Jim returned home happy and found his appartment inside out. Because there was not much to his appartment, it looked mostly the same as when it was out-side out. He was intensely disconcerted by the knowledge that things were where they were in spite of him. Between last Tuesday and today, no one but he had seen the place, much less been in it.
His mattress was upside-down.
His duffle bag was gone.
The closet door was open and the windows were closed. The orange-mottled curtains lay on the floor in a row of four coiled piles, and there were paint chips strewn on the worn wood floor below where the mangled hanging-rods had been pulled partway out of the wall.
An edge of the little woolen rug from Tibet was turned up to expose the gouge in the wood-floor that he had covered.
The lid of his new pot had been removed, allowing the rice inside to dry up.
He took his bread from the counter, went to the rug, sat, and ate a hunk. He knew he should not be there, but his head was demanding a moment of silence and reduced blood-pressure. He listened to the low sounds of his own chewing, and did not try to form the phantoms of sight and sound that spawned in his head. Beneath it all there was a trajectory of thought leading to a purpose, and without considering why or how, Jim knew that the phantoms would confirm and defend the purpose before his conscience, and he would be able to do whatever it was he decided.

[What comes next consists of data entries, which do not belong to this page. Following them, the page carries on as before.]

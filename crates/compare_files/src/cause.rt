//! The causes of pairs of networks that are refused, by their numbers and their words.

ghost use Rattle.std.specs.Prelude.{◌≡◌};
ghost use Rattle.compare_files.specs.Causes as causes;

use paired_nets::PairCause;

/// The number of a cause.
pub fn cause_number(cause: PairCause) -> u32
    ensures { result ≡ causes.cause_number cause }
{
    match cause {
        PairCause::PeerDiffers => 40,
        PairCause::PairLimit => 41,
    }
}

/// The words of a cause, which stand behind its number.
pub fn cause_words(cause: PairCause) -> &'static [u8]
    ensures { result.now ≡ causes.cause_words cause }
{
    match cause {
        PairCause::PeerDiffers => b"PeerDiffers",
        PairCause::PairLimit => b"PairLimit",
    }
}
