//! Whether a slot of the tables is stable.

ghost use Rattle.std.specs.Prelude.{◌≡◌, ◌≤◌, IfOk, Some, length, map, slice_get};
ghost use Rattle.net_parts.specs.Sessions.{ends_of};
ghost use Rattle.stable_replay.specs.Differences.{IsSlotTested};
ghost use Rattle.stable_replay.specs.Parts as parts;
ghost use Rattle.route_candidates.specs.Underlays.{IsUnderlay};

use crate::decided::test_bgp;
use crate::differs::{Differs, Part};
use crate::entry::test_entry;
use crate::ospf::test_ospf;
use crate::routing::Routing;
use ios_ast::File;
use mw_text::{List, Prefix};
use policy_eval::copy_route;
use route_record::{BgpRec, OspfRec, RibEntry, Slot};
use std::alloc::{AllocError, Global};

fn ospf_slot(ospf: Option<OspfRec>) -> Slot
    ensures { result ≡ parts.ospf_slot ospf }
{
    Slot {
        ospf,
        bgp: None,
        rib: None,
    }
}

fn bgp_slot(alloc: Global, held: &Option<BgpRec>) -> Result<Slot, AllocError>
    ensures { IfOk result (λ slot. slot ≡ parts.bgp_slot held.now) }
{
    let bgp = match held {
        None => None,
        Some(rec) => Some(copy_route(alloc, rec)?),
    };
    Ok(Slot {
        ospf: None,
        bgp,
        rib: None,
    })
}

fn rib_slot(rib: Option<RibEntry>) -> Slot
    ensures { result ≡ parts.rib_slot rib }
{
    Slot {
        ospf: None,
        bgp: None,
        rib,
    }
}

fn differs_in(p: &Prefix, router: u32, part: Part, held: Slot, wanted: List<Slot>) -> Differs
    ensures { result ≡ record { router = router; len = p.now.len; part = part; held = held; wanted = wanted } }
{
    Differs {
        router,
        len: p.len,
        part,
        held,
        wanted,
    }
}

/// Tests the slot of a router for a prefix: None where it is stable, else the first of its parts that differs.
pub fn test_slot(
    alloc: Global,
    routing: &Routing<'_>,
    router: u32,
    file: &File,
    p: &Prefix,
    slot: &Slot,
) -> Result<Option<Differs>, AllocError>
    requires underlay { IsUnderlay routing.now.net.now.files routing.now.failures.now routing.now.underlay.now }
    requires file { slice_get routing.now.net.now.files router ≡ Some file.now }
    ensures { IfOk result (IsSlotTested routing.now.net.now.files routing.now.failures.now routing.now.env.now
        routing.now.tables.now router file.now p.now slot.now) }
{
    if let Some(wanted) = test_ospf(alloc, routing, router, file, p, &slot.ospf)? {
        let held = ospf_slot(slot.ospf);
        return Ok(Some(differs_in(p, router, Part::Ospf, held, wanted)));
    }
    if let Some(wanted) = test_bgp(alloc, routing, router, file, p, &slot.bgp)? {
        let held = bgp_slot(alloc, &slot.bgp)?;
        return Ok(Some(differs_in(p, router, Part::Bgp, held, wanted)));
    }
    if let Some(wanted) = test_entry(alloc, routing.net, routing.failures, router, file, p, slot)? {
        let held = rib_slot(slot.rib);
        return Ok(Some(differs_in(p, router, Part::Rib, held, wanted)));
    }
    Ok(None)
}
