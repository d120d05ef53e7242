//! Whether tables are a stable routing of a network.
#![tactic(auto)]

mod candidates;
mod checking;
mod decided;
mod differs;
mod entry;
mod ospf;
mod replaying;
mod routing;
mod slots;

pub use arriving_messages::arriving;
pub use checking::check;
pub use differs::{Differs, Part, ReplayNo};
pub use replaying::replay;
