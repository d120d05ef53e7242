//! Whether a counterexample is true of its tables and its walk.

ghost use Rattle.std.specs.Prelude.{◌≡◌, ◌≢◌, ◌*◌, IfErr, IfOk, true, false, length};
ghost use Rattle.std.specs.Option.{option_copied};
ghost use Rattle.question_lang.specs.Breaking.{Breaks};
ghost use Rattle.cex_json.specs.Counterexamples.{world_of};
ghost use Rattle.stable_replay.specs.Replayed as replayed;

use crate::checking::check;
use crate::differs::ReplayNo;
use cex_json::Counterexample;
use mw_text::List;
use net_model::Net;
use policy_eval::{copy_list, copy_route};
use question_lang::{Question, Walk};
use route_record::{BgpRec, Failures, LENGTHS, Slot, Tables, World};
use std::alloc::{AllocError, Global};
use walk_def::{asks_no_stable, breaks, is_walk};

fn copy_held(alloc: Global, held: &Option<BgpRec>) -> Result<Option<BgpRec>, AllocError>
    ensures { IfOk result (λ made. made ≡ held.now) }
{
    match held {
        None => Ok(None),
        Some(rec) => Ok(Some(copy_route(alloc, rec)?)),
    }
}

fn copy_slot(alloc: Global, slot: &Slot) -> Result<Slot, AllocError>
    ensures { IfOk result (λ made. made ≡ slot.now) }
{
    let bgp = copy_held(alloc, &slot.bgp)?;
    Ok(Slot {
        ospf: slot.ospf,
        bgp,
        rib: slot.rib,
    })
}

fn copy_slots(alloc: Global, slots: &[Slot]) -> Result<List<Slot>, AllocError>
    ensures { IfOk result (λ made. made ≡ slots.now) }
{
    let mut made = List::new(alloc);
    for slot in slots {
        made.items.push(copy_slot(alloc, slot)?)?;
    }
    Ok(made)
}

// The world of a counterexample.
fn world_of(alloc: Global, cex: &Counterexample) -> Result<World, AllocError>
    ensures { IfOk result (λ world. world ≡ world_of cex.now) }
{
    let links = copy_list(alloc, &cex.failures.links)?;
    let slots = copy_slots(alloc, cex.tables.slots.as_slice())?;
    Ok(World {
        failures: Failures { links },
        packet: cex.packet,
        tables: Tables { slots },
    })
}

// Whether the walk, where there is one, is a walk of the packet; without one, whether the question speaks of none.
fn has_walk(
    alloc: Global,
    net: &Net,
    question: &Question,
    world: &World,
    walk: &Option<Walk>,
) -> Result<bool, AllocError>
    ensures yes { IfOk result (λ yes. yes ≡ true → replayed.IsNoWalkIn net.now.files question.now world.now walk.now → ⊥) }
    ensures no { IfOk result (λ yes. yes ≡ false → replayed.IsNoWalkIn net.now.files question.now world.now walk.now) }
{
    match walk {
        None => Ok(asks_no_stable(&question.kind)),
        Some(walk) => is_walk(alloc, net, world, walk),
    }
}

// Whether the world breaks the question by its walk, or without one.
fn breaks_so(
    alloc: Global,
    net: &Net,
    question: &Question,
    world: &World,
    walk: &Option<Walk>,
) -> Result<bool, AllocError>
    ensures yes { IfOk result (λ yes. yes ≡ true → Breaks net.now.files world.now question.now.kind walk.now) }
    ensures no { IfOk result (λ yes. yes ≡ false → Breaks net.now.files world.now question.now.kind walk.now → ⊥) }
{
    breaks(alloc, net, question, world, walk.as_ref())
}

impl From<AllocError> for ReplayNo {
    ghost use Rattle.stable_replay.specs.declared.differs.ReplayNo.TheVariants.{Memory};

    ghost from_gives = { λ _ why. why ≡ Memory };

    fn from(_error: AllocError) -> ReplayNo {
        ReplayNo::Memory
    }
}

/// Whether the tables of a counterexample are a stable routing for its packet's destination, its failures and its environment,
/// and its walk is a walk of its packet there that breaks the question; without a walk, whether the question asks for no
/// stable routing. That the packet, the failures and the environment are those that the question and the network allow is
/// what the reader of counterexamples has tested. The first of these that fails is answered.
pub fn replay(
    alloc: Global,
    net: &Net,
    question: &Question,
    cex: &Counterexample,
) -> Result<(), ReplayNo>
    requires size { length cex.now.tables.slots ≡ LENGTHS * length net.now.files }
    ensures ok { IfOk result (λ _. replayed.IsReplayed net.now.files question.now cex.now) }
    ensures refused { IfErr result (replayed.IsRefusedSo net.now.files question.now cex.now) }
    ensures untrue { IfErr result (λ why. why ≢ ReplayNo.Memory → replayed.IsReplayed net.now.files question.now cex.now → ⊥) }
{
    check(
        alloc,
        net,
        cex.packet.dst,
        &cex.failures,
        &cex.env,
        &cex.tables,
    )?;
    let world = world_of(alloc, cex)?;
    if !has_walk(alloc, net, question, &world, &cex.walk)? {
        return Err(ReplayNo::NotWalk);
    }
    if !breaks_so(alloc, net, question, &world, &cex.walk)? {
        return Err(ReplayNo::NotBreak);
    }
    Ok(())
}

Jim felt raw like the scrape on his ass had felt the day before. He found a crumpled bank-receipt on the floor and a broken pencil in the open closet, where he sat cross-legged to write a short note. It took him three minutes, because he did not know how he should say to the landlord that he had gone and would not be making any payment. As he prepares the note, his ears feel red and there is tingling sweat at the roots of the hair on his head. The note read

Terry‹
Sorry. I don't wanna leave without paying. I didn't wanna leave. I hope your ok 'til I can pay. It might be awhile.

He descended the stair quietly and slipped the paper under a door before going nervously into the brightness of the street outside. He squinted like a mole for the first few paces, hoping no one would shoot him or clap a hairy, gold-ringed hand over his mouth and stuff him into a black car.
As his pupils closed to the light and his vision returned, his fear of the strangers shrank and his confidence returned as well. After all, this was only Stockton. These were people like other people. Only dirt-bag crooks haunted these parts. It would be a twenty-year-old hand and a beat-up blue Chevy that got him, if anything would at all.